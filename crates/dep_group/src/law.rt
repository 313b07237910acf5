ghost use Rattle.std.specs.Prelude.{◌≡◌, ◌≤◌, Bool, List, None, Ok, [], false, map, true};
ghost use Rattle.dep_group.specs.declared.token.Token.{Token};
ghost use Rattle.dep_group.specs.Maps.{answer_map, token_map};
ghost use Rattle.dep_group.specs.Reading.{all_tokens, list_of, read};
ghost use Rattle.dep_group.specs.Trees.{Tree, Trees, all_depth, all_free, trees_of};

/// The printed tokens of trees of at most 64 groups in one another, in which no barred leaf stands in
/// an any-of group, read as these trees.
pub fn printed_trees_are_read<K, L>()
    ensures { (any_of : K → Bool) (barred : L → Bool) (ts : Trees K L) → all_depth ts ≤ 64 →
        all_free any_of barred false ts ≡ true →
        read any_of barred (all_tokens ts []) 0 None [] [] ≡ Ok (list_of ts) }
{}

/// What reads as trees are their printed tokens, and nothing else.
pub fn read_trees_are_printed<K, L>()
    ensures { (any_of : K → Bool) (barred : L → Bool) (tokens : List (Token K L))
        (out : List (Tree K L)) → read any_of barred tokens 0 None [] [] ≡ Ok out →
        tokens ≡ all_tokens (trees_of out) [] }
{}

/// Where openers and leaves are replaced by others that are any-of openers and barred alike, the tokens
/// read as the trees with the same replaced, or with the same fault.
pub fn replaced_tokens_are_read_alike<J, K, L, M>()
    ensures { (f : J → K) (g : L → M) (any_of : J → Bool) (opens : K → Bool) (barred : L → Bool)
        (refused : M → Bool) → ((j : J) → opens (f j) ≡ any_of j) →
        ((a : L) → refused (g a) ≡ barred a) → (tokens : List (Token J L)) →
        read opens refused (map (token_map f g) tokens) 0 None [] [] ≡
        answer_map f g (read any_of barred tokens 0 None [] []) }
{}
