ghost use Rattle.std.specs.Prelude.{◌≡◌, IfErr, IfOk, List, MatchOption, MatchResult, map, ℕ};
ghost use Rattle.dep_group.specs.declared.token.Opener.{Opener};
ghost use Rattle.dep_group.specs.Maps.{token_map};
ghost use Rattle.dep_group.specs.Shapes.{shape};
ghost use Rattle.dep_group.specs.Texts.{FirstFault, IsMemory, Writes, placed};
ghost use Rattle.dep_group.specs.Tokens.{AreOnlyTokens, HasFlagName, IsFlag, IsOnlyToken};
ghost use Rattle.dep_group.specs.Tokens.{opener_shape, opener_text};
ghost use Rattle.dep_group.specs.Trees.{Trees, trees_of};
ghost use Rattle.dep_group.specs.Views.{spot};
ghost use Rattle.dep_group.specs.Words.{texts};

use crate::reader::{Node, read_nodes};
use crate::shape::{Shape, flag_of, shape_of};
use crate::token::{GroupFault, Opener, Token};
use crate::word::{Word, place, words};
use pms_names::{Flag, NameFault};
use std::alloc::{AllocError, Global};

/// Reads the whole text. Its first fault from the left is given; a group that is never closed is a
/// fault at the end.
pub fn read_text<K: Drop, L: Drop, N: Node<K, L> + Drop>(
    alloc: Global,
    text: &str,
) -> Result<Vec<N>, GroupFault>
    ensures found { IfOk result (λ nodes.
        Writes N.grammar N.barred text.now (trees_of (map N.view nodes.items))) }
    ensures only { (x : Trees (Opener (List ℕ)) N.Value) → Writes N.grammar N.barred text.now x →
        MatchResult result (λ nodes. trees_of (map N.view nodes.items) ≡ x) IsMemory }
    ensures fault { IfErr result (FirstFault N.grammar N.barred text.now) }
{
    let words = words(alloc, text)?;
    let tokens = tokens::<K, L, N>(alloc, &words)?;
    match read_nodes(alloc, tokens) {
        Ok(nodes) => Ok(nodes),
        Err(fault) => Err(placed(&words, fault)),
    }
}

fn placed(words: &[Word], fault: GroupFault) -> GroupFault
    ensures { result ≡ placed (map spot words.now) fault }
{
    match fault {
        GroupFault::Leaf { at } => GroupFault::Leaf {
            at: place(words, at),
        },
        GroupFault::Barred { at } => GroupFault::Barred {
            at: place(words, at),
        },
        GroupFault::Open { at } => GroupFault::Open {
            at: place(words, at),
        },
        GroupFault::Close { at } => GroupFault::Close {
            at: place(words, at),
        },
        GroupFault::NoSpace { at } => GroupFault::NoSpace {
            at: place(words, at),
        },
        GroupFault::Depth => GroupFault::Depth,
        GroupFault::Memory => GroupFault::Memory,
    }
}

fn tokens<K: Drop, L: Drop, N: Node<K, L> + Drop>(
    alloc: Global,
    words: &[Word],
) -> Result<Vec<Token<K, L>>, AllocError>
    ensures { IfOk result (λ v. AreOnlyTokens N.grammar (texts (map spot words.now))
        (map (token_map N.kind N.said) v.items)) }
{
    let mut tokens = Vec::new(alloc);
    for word in words {
        tokens.push(token::<K, L, N>(alloc, word.text)?)?;
    }
    Ok(tokens)
}

fn token<K: Drop, L: Drop, N: Node<K, L> + Drop>(
    alloc: Global,
    word: &str,
) -> Result<Token<K, L>, AllocError>
    ensures { IfOk result (λ t. IsOnlyToken N.grammar word.now (token_map N.kind N.said t)) }
{
    match shape_of(word, N::keeps_brackets()) {
        Shape::Opens => Ok(Token::Opens),
        Shape::Closes => Ok(Token::Closes),
        Shape::Glued => Ok(Token::Glued),
        Shape::AnyOf => Ok(begins::<K, L, N>(Opener::AnyOf)),
        Shape::ExactlyOne => Ok(begins::<K, L, N>(Opener::ExactlyOne)),
        Shape::AtMostOne => Ok(begins::<K, L, N>(Opener::AtMostOne)),
        Shape::When { on } => condition::<K, L, N>(alloc, word, on),
        Shape::Item => leaf::<K, L, N>(alloc, word),
    }
}

fn begins<K: Drop, L: Drop, N: Node<K, L> + Drop>(opener: Opener<Flag>) -> Token<K, L>
    requires { HasFlagName opener }
    ensures { (word : List ℕ) → word ≡ opener_text opener →
        shape N.grammar.brackets word ≡ opener_shape opener →
        IsOnlyToken N.grammar word (token_map N.kind N.said result) }
{
    match N::opener(opener) {
        Some(opener) => Token::Begins(opener),
        None => Token::Unknown,
    }
}

fn condition<K: Drop, L: Drop, N: Node<K, L> + Drop>(
    alloc: Global,
    word: &str,
    on: bool,
) -> Result<Token<K, L>, AllocError>
    requires { shape N.grammar.brackets word.now ≡ Shape.When on }
    ensures { IfOk result (λ t. IsOnlyToken N.grammar word.now (token_map N.kind N.said t)) }
{
    match flag(alloc, flag_of(word, on))? {
        Some(flag) => Ok(begins::<K, L, N>(Opener::When { flag, on })),
        None => Ok(Token::Unknown),
    }
}

fn leaf<K: Drop, L: Drop, N: Node<K, L> + Drop>(
    alloc: Global,
    word: &str,
) -> Result<Token<K, L>, AllocError>
    requires { shape N.grammar.brackets word.now ≡ Shape.Item }
    ensures { IfOk result (λ t. IsOnlyToken N.grammar word.now (token_map N.kind N.said t)) }
{
    match N::leaf(alloc, word)? {
        Some(leaf) => Ok(Token::Leaf(leaf)),
        None => Ok(Token::Unknown),
    }
}

/// The flag that the text is, if it is one.
pub fn flag(alloc: Global, text: &str) -> Result<Option<Flag>, AllocError>
    ensures { IfOk result (λ found. MatchOption found (¬ IsFlag text.now)
        (λ flag. (flag ≡ text.now) × IsFlag text.now)) }
{
    match Flag::parse(alloc, text) {
        Ok(flag) => Ok(Some(flag)),
        Err(NameFault::Memory) => Err(AllocError),
        Err(_) => Ok(None),
    }
}
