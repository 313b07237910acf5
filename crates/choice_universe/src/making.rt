ghost use Rattle.std.specs.Prelude.{◌≡◌, IfOk, map};
ghost use Rattle.std.specs.Map.{values_of};
ghost use Rattle.pkg_state.specs.Consistent.{AreApart};
ghost use Rattle.choice_tree.specs.Views.{offer_of};
ghost use Rattle.choice_universe.specs.Offers.{AreOffers, variants_of};

use crate::candidate::Candidate;
use crate::filling::{add_candidates, add_installed};
use choice_tree::{Offer, Universe};
use dep_atom::Atom;
use pkg_state::{LineName, Pkg};
use std::alloc::{AllocError, Global};
use std::collections::BTreeMap;

/// What there is to choose from. The candidates come by their names, the greater version of a name
/// first, and of equal versions the one with the smaller text: so do the variants of a line.
pub fn make_universe(
    alloc: Global,
    installed: &[Pkg],
    candidates: Vec<Candidate>,
    wanted: Vec<Atom>,
    update: bool,
) -> Result<Universe, AllocError>
    requires apart { AreApart installed.now }
    ensures offers { IfOk result (λ u. AreOffers installed.now (variants_of candidates.items)
        (map offer_of u.offers.items)) }
    ensures wanted { IfOk result (λ u. u.wanted ≡ wanted) }
    ensures update { IfOk result (λ u. u.update ≡ update) }
{
    let mut offers = BTreeMap::new(alloc);
    add_installed(alloc, &mut offers, installed)?;
    add_candidates(alloc, &mut offers, candidates)?;
    let offers = listed(alloc, offers)?;
    Ok(Universe {
        offers,
        wanted,
        update,
    })
}

/// The offers in the order of their lines.
fn listed(alloc: Global, offers: BTreeMap<LineName, Offer>) -> Result<Vec<Offer>, AllocError>
    ensures { IfOk result (λ v. v.items ≡ values_of offers.entries) }
{
    let mut list = Vec::new(alloc);
    for offer in offers.into_values() {
        list.push(offer)?;
    }
    Ok(list)
}
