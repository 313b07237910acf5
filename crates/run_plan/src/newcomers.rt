ghost use Rattle.std.specs.Prelude.{◌≡◌, ◌<◌, ◌≤◌, ◌++◌, ◌∷◌, [], IfErr, IfOk, OnOk, length, map};
ghost use Rattle.std.specs.List.{AllZip};
ghost use Rattle.build_pool.specs.Pool.{PoolRose, SameIds, faults_of};
ghost use Rattle.run_files.specs.Made.{package_of};
ghost use Rattle.merge_image.specs.Images.{IsBuilt, IsPastLimit, TellAlike};
ghost use Rattle.run_plan.specs.Runs.{StopsBuild, StopsOrder};

use crate::stop::PlanStop;
use build_pool::{BuildPool, Builder, Order};
use file_tree::{Entry, TreeFault};
use merge_group::Stop;
use merge_image::{ImageStop, built_image};
use pkg_state::{Pkg, copy_package};
use run_files::Newcomer;
use std::alloc::{AllocError, Global};

/// The additions of a group, each with the image that a builder of the pool makes for its order. The
/// first that has none stops it.
pub(crate) fn newcomers_of<B: Builder>(
    alloc: Global,
    pool: &mut BuildPool<B>,
    additions: &[Pkg],
    orders: &[Order],
) -> Result<Vec<Newcomer>, PlanStop>
    requires resting { 0 < length pool.old.resting }
    requires count { length orders.now ≡ length additions.now }
    ensures brings { IfOk result (λ v. map package_of v.items ≡ additions.now) }
    ensures images { IfOk result (λ v. AllZip
        (λ o n. IsBuilt B.tells B.told pool.old.resting o n.image.items) orders.now v.items) }
    ensures stops { IfErr result (StopsBuild (IsPastLimit B.tells B.told pool.old.resting)
        (PoolRose B.faults pool.old pool.new) orders.now) }
    ensures alike { TellAlike B.told pool.old.resting pool.new.resting }
    ensures resting { length pool.new.resting ≡ length pool.old.resting }
    ensures ids { SameIds B.number pool.old pool.new }
    ensures lent { pool.new.lent ≡ pool.old.lent }
    ensures builds { faults_of B.faults pool.old ≤ faults_of B.faults pool.new }
{
    let mut newcomers = Vec::with_capacity(alloc, additions.len())?;
    for (place, order) in orders.iter().enumerate() {
        let image = image_of(alloc, pool, order)?;
        let pkg = copy_package(&additions[place])?;
        add(&mut newcomers, Newcomer { pkg, image })?;
    }
    Ok(newcomers)
}

/// The image that a builder of the pool makes for the order.
fn image_of<B: Builder>(
    alloc: Global,
    pool: &mut BuildPool<B>,
    order: &Order,
) -> Result<Vec<Entry>, PlanStop>
    requires resting { 0 < length pool.old.resting }
    ensures image { IfOk result
        (λ v. IsBuilt B.tells B.told pool.old.resting order.now v.items) }
    ensures stops { IfErr result (StopsOrder (IsPastLimit B.tells B.told pool.old.resting)
        (PoolRose B.faults pool.old pool.new) order.now) }
    ensures alike { TellAlike B.told pool.old.resting pool.new.resting }
    ensures resting { length pool.new.resting ≡ length pool.old.resting }
    ensures ids { SameIds B.number pool.old pool.new }
    ensures lent { pool.new.lent ≡ pool.old.lent }
    ensures builds { faults_of B.faults pool.old ≤ faults_of B.faults pool.new }
{
    match built_image(alloc, pool, order) {
        Ok(image) => Ok(image),
        Err(ImageStop::Failed) => Err(PlanStop::Build(order.id.try_clone()?)),
        Err(ImageStop::Many) => Err(PlanStop::Image(order.id.try_clone()?)),
        Err(ImageStop::Memory) => Err(PlanStop::Merge(Stop::Tree(TreeFault::Memory))),
    }
}

/// Puts a newcomer behind others.
fn add(newcomers: &mut Vec<Newcomer>, newcomer: Newcomer) -> Result<(), AllocError>
    ensures { OnOk result (newcomers.new.items ≡ newcomers.old.items ++ newcomer ∷ []) }
{
    newcomers.push(newcomer)?;
    Ok(())
}
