use pkg_state::Pkg;

/// A visible candidate: a package for each setting of its flags that may be chosen, in the order in
/// which they are tried.
#[derive(Drop)]
pub struct Candidate {
    pub variants: Vec<Pkg>,
}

● ● ● ● ● ● ●

== Problem statement ==
Write down, word for word, the lines above from the one containing "pub fn read_trees_are_printed<K, L>()" through the one containing "(refused : M", both ends included.

== Output for this task ==
pub fn read_trees_are_printed<K, L>()
    ensures { (any_of : K → Bool) (barred : L → Bool) (tokens : List (Token K L))
        (out : List (Tree K L)) → read any_of barred tokens 0 None [] [] ≡ Ok out →
        tokens ≡ all_tokens (trees_of out) [] }
{}

/// Where openers and leaves are replaced by others that are any-of openers and barred alike, the tokens
/// read as the trees with the same replaced, or with the same fault.
pub fn replaced_tokens_are_read_alike<J, K, L, M>()
    ensures { (f : J → K) (g : L → M) (any_of : J → Bool) (opens : K → Bool) (barred : L → Bool)
        (refused : M → Bool) → ((j : J) → opens (f j) ≡ any_of j) →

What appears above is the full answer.